Task prompt:
Please reproduce, exactly and in full, the lines from the one containing "pub fn read_entry(alloc: Global, line: &[u8], version: u32)" to the end of the material below.

Given data:

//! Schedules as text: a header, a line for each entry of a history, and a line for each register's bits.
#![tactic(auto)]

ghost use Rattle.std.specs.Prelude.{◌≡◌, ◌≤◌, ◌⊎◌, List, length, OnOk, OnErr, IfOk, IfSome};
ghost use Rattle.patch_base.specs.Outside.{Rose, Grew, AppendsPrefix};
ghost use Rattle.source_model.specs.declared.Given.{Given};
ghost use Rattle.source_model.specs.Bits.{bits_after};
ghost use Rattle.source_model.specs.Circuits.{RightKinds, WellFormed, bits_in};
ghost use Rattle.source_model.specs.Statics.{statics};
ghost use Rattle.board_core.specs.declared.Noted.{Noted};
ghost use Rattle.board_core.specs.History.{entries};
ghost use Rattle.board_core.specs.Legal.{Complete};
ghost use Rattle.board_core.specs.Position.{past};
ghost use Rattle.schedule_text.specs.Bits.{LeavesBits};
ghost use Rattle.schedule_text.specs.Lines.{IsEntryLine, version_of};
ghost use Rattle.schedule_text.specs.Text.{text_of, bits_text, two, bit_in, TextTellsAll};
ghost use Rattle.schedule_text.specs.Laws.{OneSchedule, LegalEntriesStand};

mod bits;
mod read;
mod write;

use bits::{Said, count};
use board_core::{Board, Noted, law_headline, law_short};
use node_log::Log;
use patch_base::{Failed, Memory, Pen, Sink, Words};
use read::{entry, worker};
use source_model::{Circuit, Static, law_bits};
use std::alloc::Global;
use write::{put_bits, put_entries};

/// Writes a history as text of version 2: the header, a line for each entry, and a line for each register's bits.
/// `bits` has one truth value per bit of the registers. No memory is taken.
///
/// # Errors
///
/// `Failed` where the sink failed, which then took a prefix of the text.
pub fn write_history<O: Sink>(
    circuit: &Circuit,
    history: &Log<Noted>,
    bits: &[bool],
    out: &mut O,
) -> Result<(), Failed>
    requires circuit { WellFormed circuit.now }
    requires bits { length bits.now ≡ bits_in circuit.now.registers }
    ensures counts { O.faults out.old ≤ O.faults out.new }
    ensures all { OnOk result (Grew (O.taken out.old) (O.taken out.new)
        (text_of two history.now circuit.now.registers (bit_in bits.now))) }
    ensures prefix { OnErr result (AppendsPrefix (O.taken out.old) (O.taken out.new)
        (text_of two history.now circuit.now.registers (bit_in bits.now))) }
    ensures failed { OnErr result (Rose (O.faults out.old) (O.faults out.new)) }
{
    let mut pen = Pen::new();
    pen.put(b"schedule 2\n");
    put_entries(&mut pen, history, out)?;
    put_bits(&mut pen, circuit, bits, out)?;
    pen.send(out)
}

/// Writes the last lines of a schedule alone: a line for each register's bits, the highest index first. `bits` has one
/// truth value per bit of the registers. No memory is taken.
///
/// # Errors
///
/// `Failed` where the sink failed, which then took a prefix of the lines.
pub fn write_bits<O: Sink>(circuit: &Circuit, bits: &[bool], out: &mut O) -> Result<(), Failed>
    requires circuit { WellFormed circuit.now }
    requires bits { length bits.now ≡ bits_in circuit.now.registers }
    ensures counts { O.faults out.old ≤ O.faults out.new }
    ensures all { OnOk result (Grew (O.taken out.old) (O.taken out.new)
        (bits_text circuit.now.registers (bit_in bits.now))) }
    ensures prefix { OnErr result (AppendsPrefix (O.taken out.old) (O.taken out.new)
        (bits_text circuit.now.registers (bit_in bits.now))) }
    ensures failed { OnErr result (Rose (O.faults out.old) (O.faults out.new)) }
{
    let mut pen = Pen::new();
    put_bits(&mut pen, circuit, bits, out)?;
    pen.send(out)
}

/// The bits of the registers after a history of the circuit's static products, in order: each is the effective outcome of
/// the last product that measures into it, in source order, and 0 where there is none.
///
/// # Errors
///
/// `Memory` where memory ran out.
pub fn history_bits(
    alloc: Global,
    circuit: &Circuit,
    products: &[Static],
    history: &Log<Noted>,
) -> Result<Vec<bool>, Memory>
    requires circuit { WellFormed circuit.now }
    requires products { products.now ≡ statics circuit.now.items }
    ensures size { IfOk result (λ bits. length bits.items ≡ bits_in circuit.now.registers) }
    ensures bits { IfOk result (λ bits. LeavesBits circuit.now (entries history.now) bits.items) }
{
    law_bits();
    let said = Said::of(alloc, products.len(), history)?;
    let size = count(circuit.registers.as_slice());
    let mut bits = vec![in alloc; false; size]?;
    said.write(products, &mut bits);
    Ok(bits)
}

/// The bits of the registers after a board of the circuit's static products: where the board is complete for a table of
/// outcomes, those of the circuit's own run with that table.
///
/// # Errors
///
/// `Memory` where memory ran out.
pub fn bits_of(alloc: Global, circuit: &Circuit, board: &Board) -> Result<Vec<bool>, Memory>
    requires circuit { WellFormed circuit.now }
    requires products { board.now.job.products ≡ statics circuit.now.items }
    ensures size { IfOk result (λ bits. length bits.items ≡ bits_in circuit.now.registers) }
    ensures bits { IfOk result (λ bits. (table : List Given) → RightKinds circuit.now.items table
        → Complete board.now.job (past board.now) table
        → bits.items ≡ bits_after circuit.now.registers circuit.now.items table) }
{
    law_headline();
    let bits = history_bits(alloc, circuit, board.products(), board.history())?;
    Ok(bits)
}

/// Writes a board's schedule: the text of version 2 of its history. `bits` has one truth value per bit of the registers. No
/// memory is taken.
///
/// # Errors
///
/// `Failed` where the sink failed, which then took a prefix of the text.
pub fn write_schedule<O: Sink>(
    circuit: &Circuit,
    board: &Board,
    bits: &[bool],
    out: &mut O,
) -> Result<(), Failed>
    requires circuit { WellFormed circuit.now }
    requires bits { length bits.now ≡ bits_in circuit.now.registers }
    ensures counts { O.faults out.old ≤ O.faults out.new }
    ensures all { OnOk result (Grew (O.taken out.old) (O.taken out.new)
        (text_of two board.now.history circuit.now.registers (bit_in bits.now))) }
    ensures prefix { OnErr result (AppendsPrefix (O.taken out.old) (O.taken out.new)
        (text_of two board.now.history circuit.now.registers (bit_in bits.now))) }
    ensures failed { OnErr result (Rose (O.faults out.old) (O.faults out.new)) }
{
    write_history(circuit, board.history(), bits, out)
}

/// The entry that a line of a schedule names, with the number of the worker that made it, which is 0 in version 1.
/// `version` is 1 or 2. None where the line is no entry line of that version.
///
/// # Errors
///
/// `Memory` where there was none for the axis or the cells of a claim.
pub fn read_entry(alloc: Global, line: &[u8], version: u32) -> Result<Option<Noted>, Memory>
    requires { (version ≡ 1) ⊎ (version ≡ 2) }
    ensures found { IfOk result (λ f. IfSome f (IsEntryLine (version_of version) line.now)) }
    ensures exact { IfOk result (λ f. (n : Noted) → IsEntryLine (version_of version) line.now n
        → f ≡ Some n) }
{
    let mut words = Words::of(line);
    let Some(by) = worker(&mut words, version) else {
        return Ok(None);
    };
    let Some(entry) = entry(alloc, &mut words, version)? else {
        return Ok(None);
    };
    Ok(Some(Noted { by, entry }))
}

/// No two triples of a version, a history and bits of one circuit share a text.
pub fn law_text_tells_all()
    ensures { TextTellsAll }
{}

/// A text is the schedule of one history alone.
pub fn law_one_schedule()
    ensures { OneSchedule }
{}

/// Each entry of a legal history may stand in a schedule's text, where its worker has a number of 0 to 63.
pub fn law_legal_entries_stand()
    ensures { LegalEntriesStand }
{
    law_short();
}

Written response:
pub fn read_entry(alloc: Global, line: &[u8], version: u32) -> Result<Option<Noted>, Memory>
    requires { (version ≡ 1) ⊎ (version ≡ 2) }
    ensures found { IfOk result (λ f. IfSome f (IsEntryLine (version_of version) line.now)) }
    ensures exact { IfOk result (λ f. (n : Noted) → IsEntryLine (version_of version) line.now n
        → f ≡ Some n) }
{
    let mut words = Words::of(line);
    let Some(by) = worker(&mut words, version) else {
        return Ok(None);
    };
    let Some(entry) = entry(alloc, &mut words, version)? else {
        return Ok(None);
    };
    Ok(Some(Noted { by, entry }))
}

/// No two triples of a version, a history and bits of one circuit share a text.
pub fn law_text_tells_all()
    ensures { TextTellsAll }
{}

/// A text is the schedule of one history alone.
pub fn law_one_schedule()
    ensures { OneSchedule }
{}

/// Each entry of a legal history may stand in a schedule's text, where its worker has a number of 0 to 63.
pub fn law_legal_entries_stand()
    ensures { LegalEntriesStand }
{
    law_short();
}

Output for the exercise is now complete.